**** Records for this exercise ****
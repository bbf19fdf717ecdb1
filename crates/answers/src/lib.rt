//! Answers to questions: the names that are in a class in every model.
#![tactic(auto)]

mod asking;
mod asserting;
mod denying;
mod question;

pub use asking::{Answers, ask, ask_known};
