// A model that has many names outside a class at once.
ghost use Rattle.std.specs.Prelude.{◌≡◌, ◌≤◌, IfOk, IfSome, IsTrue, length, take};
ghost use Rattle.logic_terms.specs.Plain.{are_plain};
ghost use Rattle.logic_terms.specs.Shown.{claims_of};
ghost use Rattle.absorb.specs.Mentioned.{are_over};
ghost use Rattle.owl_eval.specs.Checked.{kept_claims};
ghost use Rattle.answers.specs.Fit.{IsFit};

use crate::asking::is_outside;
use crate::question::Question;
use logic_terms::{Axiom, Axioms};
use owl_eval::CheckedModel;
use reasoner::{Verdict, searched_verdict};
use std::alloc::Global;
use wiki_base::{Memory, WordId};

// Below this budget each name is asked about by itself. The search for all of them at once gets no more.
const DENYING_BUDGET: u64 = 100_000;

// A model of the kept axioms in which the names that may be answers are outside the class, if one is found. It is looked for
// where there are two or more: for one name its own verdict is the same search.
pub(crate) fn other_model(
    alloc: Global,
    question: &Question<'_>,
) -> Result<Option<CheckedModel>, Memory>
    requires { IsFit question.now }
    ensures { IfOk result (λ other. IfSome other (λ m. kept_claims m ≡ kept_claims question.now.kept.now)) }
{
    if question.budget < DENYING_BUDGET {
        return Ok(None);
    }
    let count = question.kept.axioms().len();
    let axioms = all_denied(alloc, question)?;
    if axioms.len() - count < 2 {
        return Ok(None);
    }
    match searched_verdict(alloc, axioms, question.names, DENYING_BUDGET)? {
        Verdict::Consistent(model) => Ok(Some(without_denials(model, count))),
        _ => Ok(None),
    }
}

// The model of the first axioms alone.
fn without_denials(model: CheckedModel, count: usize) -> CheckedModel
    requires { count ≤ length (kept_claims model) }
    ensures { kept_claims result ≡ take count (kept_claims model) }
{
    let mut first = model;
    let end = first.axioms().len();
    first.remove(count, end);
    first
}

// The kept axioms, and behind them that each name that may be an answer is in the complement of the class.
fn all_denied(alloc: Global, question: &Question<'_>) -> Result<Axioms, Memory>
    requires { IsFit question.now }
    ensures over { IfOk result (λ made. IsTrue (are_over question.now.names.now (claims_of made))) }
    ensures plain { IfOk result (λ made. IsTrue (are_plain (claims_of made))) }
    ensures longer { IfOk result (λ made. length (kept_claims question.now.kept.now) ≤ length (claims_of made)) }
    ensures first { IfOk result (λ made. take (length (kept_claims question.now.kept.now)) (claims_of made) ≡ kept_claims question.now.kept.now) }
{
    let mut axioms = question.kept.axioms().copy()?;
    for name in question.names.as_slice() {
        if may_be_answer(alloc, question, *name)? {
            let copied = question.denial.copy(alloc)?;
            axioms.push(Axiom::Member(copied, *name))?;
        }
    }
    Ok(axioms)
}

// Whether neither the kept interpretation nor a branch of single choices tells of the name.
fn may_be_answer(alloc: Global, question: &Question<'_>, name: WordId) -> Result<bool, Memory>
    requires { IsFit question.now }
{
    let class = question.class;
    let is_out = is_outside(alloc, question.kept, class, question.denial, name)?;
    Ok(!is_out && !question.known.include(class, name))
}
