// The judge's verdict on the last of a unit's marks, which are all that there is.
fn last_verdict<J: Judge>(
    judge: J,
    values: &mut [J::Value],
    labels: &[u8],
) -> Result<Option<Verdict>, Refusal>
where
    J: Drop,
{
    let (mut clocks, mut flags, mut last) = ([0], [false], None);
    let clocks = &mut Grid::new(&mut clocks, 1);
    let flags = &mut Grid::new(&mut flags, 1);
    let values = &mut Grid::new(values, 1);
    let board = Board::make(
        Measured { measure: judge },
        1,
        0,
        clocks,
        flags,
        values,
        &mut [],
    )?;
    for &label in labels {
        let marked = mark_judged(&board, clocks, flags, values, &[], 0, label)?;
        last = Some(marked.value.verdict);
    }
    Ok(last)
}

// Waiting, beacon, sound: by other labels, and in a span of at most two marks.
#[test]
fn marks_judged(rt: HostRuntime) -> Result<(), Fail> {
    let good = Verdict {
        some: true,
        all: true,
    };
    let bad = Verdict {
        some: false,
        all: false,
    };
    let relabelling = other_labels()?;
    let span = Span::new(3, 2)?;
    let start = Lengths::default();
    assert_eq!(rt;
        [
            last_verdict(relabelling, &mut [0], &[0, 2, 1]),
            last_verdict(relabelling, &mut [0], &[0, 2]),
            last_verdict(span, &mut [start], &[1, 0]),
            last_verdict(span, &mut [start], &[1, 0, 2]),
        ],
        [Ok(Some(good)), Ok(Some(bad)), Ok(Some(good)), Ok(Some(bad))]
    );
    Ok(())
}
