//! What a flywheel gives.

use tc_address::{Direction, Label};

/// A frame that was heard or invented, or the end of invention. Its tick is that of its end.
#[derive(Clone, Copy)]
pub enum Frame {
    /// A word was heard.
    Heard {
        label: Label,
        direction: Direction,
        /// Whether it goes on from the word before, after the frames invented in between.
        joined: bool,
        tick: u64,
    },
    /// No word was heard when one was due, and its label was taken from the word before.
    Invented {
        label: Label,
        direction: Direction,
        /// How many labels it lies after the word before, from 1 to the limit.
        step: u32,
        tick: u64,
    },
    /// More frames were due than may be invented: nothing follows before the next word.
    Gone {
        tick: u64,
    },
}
****
**** Records for this exercise ****
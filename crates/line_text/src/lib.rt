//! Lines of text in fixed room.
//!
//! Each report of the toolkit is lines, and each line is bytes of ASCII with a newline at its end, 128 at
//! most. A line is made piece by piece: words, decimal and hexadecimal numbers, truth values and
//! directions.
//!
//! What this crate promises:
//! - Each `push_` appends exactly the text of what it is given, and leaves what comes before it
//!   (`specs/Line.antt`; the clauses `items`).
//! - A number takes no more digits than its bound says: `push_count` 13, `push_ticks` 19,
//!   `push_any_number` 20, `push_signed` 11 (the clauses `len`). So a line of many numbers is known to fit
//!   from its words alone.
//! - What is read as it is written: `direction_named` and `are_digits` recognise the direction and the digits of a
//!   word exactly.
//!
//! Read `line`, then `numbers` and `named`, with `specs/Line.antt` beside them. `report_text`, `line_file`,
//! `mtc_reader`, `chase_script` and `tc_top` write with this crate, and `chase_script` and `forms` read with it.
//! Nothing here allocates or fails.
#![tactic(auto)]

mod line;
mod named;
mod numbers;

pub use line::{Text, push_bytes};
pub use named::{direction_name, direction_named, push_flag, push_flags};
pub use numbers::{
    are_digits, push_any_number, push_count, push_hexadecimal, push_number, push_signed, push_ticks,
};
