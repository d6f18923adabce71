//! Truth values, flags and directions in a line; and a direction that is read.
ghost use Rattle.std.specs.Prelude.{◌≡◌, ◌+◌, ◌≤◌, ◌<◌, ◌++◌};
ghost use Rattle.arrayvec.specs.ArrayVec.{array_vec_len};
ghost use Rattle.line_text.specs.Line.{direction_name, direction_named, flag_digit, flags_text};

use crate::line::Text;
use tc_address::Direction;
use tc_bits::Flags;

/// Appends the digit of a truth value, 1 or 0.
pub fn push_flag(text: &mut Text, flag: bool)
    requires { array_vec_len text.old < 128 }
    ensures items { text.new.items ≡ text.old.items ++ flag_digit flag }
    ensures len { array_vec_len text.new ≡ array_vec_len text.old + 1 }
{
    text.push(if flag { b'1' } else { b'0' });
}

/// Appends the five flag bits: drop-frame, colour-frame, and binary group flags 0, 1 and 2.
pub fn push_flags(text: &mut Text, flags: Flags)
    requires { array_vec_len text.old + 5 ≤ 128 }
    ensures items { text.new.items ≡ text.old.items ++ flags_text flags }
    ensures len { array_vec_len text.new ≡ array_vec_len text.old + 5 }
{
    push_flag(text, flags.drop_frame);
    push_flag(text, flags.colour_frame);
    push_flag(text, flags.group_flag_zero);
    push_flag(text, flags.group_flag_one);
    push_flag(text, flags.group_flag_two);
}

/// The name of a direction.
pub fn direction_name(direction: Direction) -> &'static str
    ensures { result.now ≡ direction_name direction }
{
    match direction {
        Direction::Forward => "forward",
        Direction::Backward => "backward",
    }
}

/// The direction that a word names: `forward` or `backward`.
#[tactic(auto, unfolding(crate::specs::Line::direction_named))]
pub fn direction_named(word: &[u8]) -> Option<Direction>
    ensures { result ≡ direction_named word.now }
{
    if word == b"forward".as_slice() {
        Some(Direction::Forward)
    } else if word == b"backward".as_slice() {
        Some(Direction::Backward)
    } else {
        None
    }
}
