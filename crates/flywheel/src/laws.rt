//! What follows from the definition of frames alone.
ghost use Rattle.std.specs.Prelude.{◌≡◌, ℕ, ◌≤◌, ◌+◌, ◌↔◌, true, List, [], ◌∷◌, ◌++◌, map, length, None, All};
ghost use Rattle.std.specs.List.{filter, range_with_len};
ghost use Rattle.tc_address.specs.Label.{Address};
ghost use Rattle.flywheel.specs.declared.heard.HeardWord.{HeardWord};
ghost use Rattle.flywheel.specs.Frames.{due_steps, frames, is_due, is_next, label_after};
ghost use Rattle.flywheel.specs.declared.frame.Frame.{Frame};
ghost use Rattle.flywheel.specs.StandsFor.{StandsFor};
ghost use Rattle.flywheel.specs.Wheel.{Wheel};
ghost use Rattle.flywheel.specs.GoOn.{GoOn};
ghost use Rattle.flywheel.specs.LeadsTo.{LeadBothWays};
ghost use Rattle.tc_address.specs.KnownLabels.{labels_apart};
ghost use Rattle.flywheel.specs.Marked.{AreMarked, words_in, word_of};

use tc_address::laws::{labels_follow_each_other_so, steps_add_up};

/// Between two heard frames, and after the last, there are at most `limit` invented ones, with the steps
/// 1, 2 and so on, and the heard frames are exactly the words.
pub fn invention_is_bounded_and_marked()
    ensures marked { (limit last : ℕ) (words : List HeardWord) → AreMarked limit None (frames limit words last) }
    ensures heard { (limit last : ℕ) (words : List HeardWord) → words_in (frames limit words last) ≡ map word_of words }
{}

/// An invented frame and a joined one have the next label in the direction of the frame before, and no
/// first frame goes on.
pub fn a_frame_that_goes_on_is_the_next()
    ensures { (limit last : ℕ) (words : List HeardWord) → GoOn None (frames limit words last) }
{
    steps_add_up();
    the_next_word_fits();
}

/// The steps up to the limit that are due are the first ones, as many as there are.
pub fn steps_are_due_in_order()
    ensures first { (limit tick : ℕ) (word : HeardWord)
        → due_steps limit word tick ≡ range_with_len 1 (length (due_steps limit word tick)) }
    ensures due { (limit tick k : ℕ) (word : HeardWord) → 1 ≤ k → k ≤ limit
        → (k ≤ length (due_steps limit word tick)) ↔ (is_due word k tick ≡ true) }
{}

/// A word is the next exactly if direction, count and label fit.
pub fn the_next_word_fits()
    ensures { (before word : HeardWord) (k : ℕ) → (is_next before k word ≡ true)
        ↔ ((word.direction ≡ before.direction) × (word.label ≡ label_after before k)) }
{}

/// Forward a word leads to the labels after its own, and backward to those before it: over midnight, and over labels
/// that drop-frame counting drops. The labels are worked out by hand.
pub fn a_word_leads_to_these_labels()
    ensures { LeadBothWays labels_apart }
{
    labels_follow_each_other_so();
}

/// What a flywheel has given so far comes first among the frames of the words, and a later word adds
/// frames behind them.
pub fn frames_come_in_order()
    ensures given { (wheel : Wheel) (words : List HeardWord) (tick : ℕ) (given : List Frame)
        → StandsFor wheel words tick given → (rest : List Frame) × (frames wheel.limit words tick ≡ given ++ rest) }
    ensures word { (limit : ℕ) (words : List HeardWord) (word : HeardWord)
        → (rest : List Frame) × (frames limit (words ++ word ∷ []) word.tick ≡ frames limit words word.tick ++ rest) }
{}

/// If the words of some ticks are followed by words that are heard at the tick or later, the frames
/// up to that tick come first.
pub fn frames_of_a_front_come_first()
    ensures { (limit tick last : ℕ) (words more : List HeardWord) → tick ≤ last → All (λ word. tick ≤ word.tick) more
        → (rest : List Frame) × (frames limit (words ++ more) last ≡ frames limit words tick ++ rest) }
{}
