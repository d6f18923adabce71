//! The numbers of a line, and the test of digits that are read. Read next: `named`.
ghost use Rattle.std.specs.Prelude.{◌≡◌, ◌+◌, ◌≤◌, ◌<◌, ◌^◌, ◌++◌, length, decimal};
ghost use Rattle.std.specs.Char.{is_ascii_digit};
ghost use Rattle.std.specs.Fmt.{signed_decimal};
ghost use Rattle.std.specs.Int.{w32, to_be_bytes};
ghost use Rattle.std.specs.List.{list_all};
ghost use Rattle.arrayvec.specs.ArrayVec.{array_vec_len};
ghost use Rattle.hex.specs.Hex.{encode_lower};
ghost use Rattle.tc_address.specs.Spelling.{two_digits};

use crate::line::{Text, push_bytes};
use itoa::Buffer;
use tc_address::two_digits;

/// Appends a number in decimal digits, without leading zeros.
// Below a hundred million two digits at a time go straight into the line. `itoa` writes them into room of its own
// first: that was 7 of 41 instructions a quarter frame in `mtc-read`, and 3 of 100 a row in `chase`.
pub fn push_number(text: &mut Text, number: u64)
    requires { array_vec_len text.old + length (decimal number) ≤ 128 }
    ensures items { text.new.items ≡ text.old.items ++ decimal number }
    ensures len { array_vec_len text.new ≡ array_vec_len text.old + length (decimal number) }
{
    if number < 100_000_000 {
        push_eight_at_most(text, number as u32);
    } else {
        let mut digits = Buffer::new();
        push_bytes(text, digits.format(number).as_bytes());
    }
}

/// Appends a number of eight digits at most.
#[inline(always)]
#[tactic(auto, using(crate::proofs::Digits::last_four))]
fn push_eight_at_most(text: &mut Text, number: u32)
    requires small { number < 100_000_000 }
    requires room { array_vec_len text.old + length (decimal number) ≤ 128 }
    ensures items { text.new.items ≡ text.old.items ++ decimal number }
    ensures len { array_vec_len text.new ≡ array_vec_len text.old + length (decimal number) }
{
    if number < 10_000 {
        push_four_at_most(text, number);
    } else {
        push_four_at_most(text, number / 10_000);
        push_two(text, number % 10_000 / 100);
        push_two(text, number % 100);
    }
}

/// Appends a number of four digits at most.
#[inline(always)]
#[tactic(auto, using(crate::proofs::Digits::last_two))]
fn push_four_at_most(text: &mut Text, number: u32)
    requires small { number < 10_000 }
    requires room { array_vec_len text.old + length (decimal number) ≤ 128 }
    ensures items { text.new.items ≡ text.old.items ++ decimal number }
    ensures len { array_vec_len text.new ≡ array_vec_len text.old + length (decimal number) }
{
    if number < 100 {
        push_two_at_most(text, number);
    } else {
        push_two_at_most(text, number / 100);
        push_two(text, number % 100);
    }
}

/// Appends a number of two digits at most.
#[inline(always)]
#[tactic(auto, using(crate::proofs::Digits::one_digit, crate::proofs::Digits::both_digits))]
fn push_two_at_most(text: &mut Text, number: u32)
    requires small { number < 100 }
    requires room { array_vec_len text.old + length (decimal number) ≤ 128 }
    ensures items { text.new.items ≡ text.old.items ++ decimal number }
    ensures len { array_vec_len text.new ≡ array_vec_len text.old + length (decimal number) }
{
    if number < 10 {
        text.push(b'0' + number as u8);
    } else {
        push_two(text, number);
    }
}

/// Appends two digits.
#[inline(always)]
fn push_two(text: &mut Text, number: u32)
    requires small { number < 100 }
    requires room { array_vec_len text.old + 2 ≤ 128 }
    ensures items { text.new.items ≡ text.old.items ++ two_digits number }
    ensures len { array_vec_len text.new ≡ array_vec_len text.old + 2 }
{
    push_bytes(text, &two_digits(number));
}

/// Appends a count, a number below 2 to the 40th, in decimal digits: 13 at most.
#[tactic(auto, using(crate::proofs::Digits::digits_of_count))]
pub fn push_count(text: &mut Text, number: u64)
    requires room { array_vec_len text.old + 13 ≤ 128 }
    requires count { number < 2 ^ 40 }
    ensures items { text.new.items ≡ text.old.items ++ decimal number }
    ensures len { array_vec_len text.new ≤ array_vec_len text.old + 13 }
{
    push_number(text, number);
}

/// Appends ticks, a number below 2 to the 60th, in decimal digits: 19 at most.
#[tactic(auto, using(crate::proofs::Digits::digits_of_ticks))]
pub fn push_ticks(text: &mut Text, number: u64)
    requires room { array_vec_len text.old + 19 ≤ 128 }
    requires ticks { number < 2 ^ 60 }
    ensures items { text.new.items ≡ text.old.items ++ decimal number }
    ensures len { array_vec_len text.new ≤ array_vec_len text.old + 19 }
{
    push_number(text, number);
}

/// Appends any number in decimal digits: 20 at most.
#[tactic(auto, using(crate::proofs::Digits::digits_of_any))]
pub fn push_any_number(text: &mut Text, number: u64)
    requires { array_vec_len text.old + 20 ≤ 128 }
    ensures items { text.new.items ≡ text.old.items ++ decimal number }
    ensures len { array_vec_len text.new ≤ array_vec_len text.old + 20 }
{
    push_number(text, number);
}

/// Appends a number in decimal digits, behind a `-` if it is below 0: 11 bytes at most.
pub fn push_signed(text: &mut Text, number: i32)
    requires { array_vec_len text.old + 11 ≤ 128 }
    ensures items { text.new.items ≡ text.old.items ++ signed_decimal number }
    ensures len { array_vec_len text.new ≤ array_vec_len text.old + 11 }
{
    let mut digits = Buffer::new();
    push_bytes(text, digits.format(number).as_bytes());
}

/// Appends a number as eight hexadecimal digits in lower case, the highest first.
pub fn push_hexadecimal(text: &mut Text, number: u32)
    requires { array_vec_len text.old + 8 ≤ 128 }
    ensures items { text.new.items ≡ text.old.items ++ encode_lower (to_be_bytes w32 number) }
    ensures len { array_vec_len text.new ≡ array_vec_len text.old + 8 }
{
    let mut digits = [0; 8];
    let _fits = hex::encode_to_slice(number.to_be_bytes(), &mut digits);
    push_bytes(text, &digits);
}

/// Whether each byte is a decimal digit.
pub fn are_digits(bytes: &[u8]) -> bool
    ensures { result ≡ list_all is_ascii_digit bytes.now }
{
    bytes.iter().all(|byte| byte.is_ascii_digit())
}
****
> **Assigned task**:
Return each line from the data where the string "format" can be found.

> **Response to this exercise**:
        push_bytes(text, digits.format(number).as_bytes());
    push_bytes(text, digits.format(number).as_bytes());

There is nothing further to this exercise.